Copy the data. Keep every character as given.

··· Supplied information

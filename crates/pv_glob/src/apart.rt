//! Finds components that match no name in common, by their first bytes.
ghost use Rattle.std.specs.Prelude.{◌≡◌, ℕ, List, true, false, not};
ghost use Rattle.std.specs.List.{list_any};
ghost use Rattle.pv_glob.specs.Matching.{component_matches, name_matches};
ghost use Rattle.pv_glob.specs.Pairs.{is_many};

use crate::element::{Component, Element};
use crate::taker::is_many;

/// Returns whether at least one element is not `*`, so that it needs a byte.
fn needs_byte(elements: &[Element]) -> bool
    ensures { result ≡ list_any (λ element. not (is_many element)) elements.now }
{
    elements.iter().any(|element| !is_many(element))
}

/// Returns true only if two components match no name in common.
///
/// That is so if they begin with the same bytes and then with different ones, or one ends and the other does not. The
/// call does not allocate.
pub(crate) fn are_apart(a: &[Element], b: &[Element]) -> bool
    ensures { result ≡ true → (name : List ℕ) → component_matches a.now name ≡ true → component_matches b.now name ≡ false }
{
    let mut left = a;
    let mut right = b;
    loop {
        if left.is_empty() {
            return needs_byte(right);
        }
        if right.is_empty() {
            return needs_byte(left);
        }
        match (left, right) {
            ([Element::Byte(x), left_rest @ ..], [Element::Byte(y), right_rest @ ..]) => {
                if x != y {
                    return true;
                }
                left = left_rest;
                right = right_rest;
            }
            _ => return false,
        }
    }
}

······

• [Solution to the exercise]
filename crates/pv_glob/src/apart.rt
//! Finds components that match no name in common, by their first bytes.
ghost use Rattle.std.specs.Prelude.{◌≡◌, ℕ, List, true, false, not};
ghost use Rattle.std.specs.List.{list_any};
ghost use Rattle.pv_glob.specs.Matching.{component_matches, name_matches};
ghost use Rattle.pv_glob.specs.Pairs.{is_many};

use crate::element::{Component, Element};
use crate::taker::is_many;

/// Returns whether at least one element is not `*`, so that it needs a byte.
fn needs_byte(elements: &[Element]) -> bool
    ensures { result ≡ list_any (λ element. not (is_many element)) elements.now }
{
    elements.iter().any(|element| !is_many(element))
}

/// Returns true only if two components match no name in common.
///
/// That is so if they begin with the same bytes and then with different ones, or one ends and the other does not. The
/// call does not allocate.
pub(crate) fn are_apart(a: &[Element], b: &[Element]) -> bool
    ensures { result ≡ true → (name : List ℕ) → component_matches a.now name ≡ true → component_matches b.now name ≡ false }
{
    let mut left = a;
    let mut right = b;
    loop {
        if left.is_empty() {
            return needs_byte(right);
        }
        if right.is_empty() {
            return needs_byte(left);
        }
        match (left, right) {
            ([Element::Byte(x), left_rest @ ..], [Element::Byte(y), right_rest @ ..]) => {
                if x != y {
                    return true;
                }
                left = left_rest;
                right = right_rest;
            }
            _ => return false,
        }
    }
}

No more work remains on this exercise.